--- Activity ---
Give only the number of lines in these records that contain the word "Whether".

Stored data:
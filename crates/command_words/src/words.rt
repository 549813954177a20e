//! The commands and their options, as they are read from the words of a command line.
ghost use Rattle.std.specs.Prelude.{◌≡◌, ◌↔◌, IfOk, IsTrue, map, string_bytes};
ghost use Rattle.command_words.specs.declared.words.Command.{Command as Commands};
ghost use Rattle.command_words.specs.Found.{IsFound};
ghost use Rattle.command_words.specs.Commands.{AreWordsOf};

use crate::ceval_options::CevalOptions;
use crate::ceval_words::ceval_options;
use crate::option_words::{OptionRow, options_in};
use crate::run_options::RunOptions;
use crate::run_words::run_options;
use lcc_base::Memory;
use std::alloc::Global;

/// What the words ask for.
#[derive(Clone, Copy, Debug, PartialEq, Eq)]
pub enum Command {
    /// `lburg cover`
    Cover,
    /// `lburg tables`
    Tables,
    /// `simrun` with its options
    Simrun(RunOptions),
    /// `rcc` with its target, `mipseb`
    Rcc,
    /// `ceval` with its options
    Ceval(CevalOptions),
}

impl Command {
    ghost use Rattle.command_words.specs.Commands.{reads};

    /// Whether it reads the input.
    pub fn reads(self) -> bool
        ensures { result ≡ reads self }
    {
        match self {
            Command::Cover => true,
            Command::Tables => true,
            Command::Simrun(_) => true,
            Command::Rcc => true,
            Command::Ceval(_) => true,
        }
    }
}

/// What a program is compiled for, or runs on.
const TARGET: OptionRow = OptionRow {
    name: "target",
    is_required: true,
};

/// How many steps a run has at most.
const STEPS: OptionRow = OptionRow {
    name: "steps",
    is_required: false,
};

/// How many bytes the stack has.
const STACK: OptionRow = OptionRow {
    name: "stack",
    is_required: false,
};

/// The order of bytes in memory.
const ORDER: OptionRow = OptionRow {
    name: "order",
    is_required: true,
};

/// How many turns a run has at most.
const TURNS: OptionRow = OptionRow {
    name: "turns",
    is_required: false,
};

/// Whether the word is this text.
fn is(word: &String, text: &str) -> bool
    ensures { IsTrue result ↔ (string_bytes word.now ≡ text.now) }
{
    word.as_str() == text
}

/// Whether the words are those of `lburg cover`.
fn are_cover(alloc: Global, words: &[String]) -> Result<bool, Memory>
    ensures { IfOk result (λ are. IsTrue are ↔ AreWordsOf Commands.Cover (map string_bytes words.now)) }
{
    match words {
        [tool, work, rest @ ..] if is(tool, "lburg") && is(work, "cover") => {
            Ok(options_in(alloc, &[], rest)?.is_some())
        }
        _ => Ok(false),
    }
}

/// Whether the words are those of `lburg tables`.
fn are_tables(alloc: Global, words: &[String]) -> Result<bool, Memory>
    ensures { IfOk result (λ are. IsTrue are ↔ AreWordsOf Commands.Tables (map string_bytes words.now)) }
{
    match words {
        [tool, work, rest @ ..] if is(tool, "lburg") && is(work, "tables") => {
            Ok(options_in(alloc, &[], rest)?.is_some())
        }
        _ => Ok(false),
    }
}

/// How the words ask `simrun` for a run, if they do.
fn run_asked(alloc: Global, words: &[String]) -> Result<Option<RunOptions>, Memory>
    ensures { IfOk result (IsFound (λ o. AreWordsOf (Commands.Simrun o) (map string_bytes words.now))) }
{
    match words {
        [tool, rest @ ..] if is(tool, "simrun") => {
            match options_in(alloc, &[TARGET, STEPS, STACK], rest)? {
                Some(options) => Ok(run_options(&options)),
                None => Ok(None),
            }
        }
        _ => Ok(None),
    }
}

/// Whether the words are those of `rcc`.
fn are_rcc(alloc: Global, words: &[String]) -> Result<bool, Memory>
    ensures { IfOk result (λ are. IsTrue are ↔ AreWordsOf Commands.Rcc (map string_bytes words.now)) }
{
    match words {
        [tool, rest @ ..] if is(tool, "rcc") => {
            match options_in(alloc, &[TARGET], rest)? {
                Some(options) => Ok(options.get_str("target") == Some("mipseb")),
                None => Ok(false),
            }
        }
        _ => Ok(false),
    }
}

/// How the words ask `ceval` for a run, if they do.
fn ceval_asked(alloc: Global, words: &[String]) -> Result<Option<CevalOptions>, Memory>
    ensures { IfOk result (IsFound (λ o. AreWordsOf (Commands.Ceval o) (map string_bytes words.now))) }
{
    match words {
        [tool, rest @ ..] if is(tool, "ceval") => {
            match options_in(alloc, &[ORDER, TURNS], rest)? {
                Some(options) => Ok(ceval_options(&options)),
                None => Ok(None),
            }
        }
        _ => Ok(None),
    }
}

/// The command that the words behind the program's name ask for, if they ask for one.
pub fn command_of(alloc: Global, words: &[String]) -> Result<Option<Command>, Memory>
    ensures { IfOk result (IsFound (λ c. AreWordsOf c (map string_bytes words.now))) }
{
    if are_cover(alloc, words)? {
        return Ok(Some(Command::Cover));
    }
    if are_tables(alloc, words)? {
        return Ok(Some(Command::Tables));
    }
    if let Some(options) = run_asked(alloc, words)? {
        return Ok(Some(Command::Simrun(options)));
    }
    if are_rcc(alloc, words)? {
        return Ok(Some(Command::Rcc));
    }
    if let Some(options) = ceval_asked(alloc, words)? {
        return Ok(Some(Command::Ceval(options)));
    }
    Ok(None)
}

--- Written solution ---
5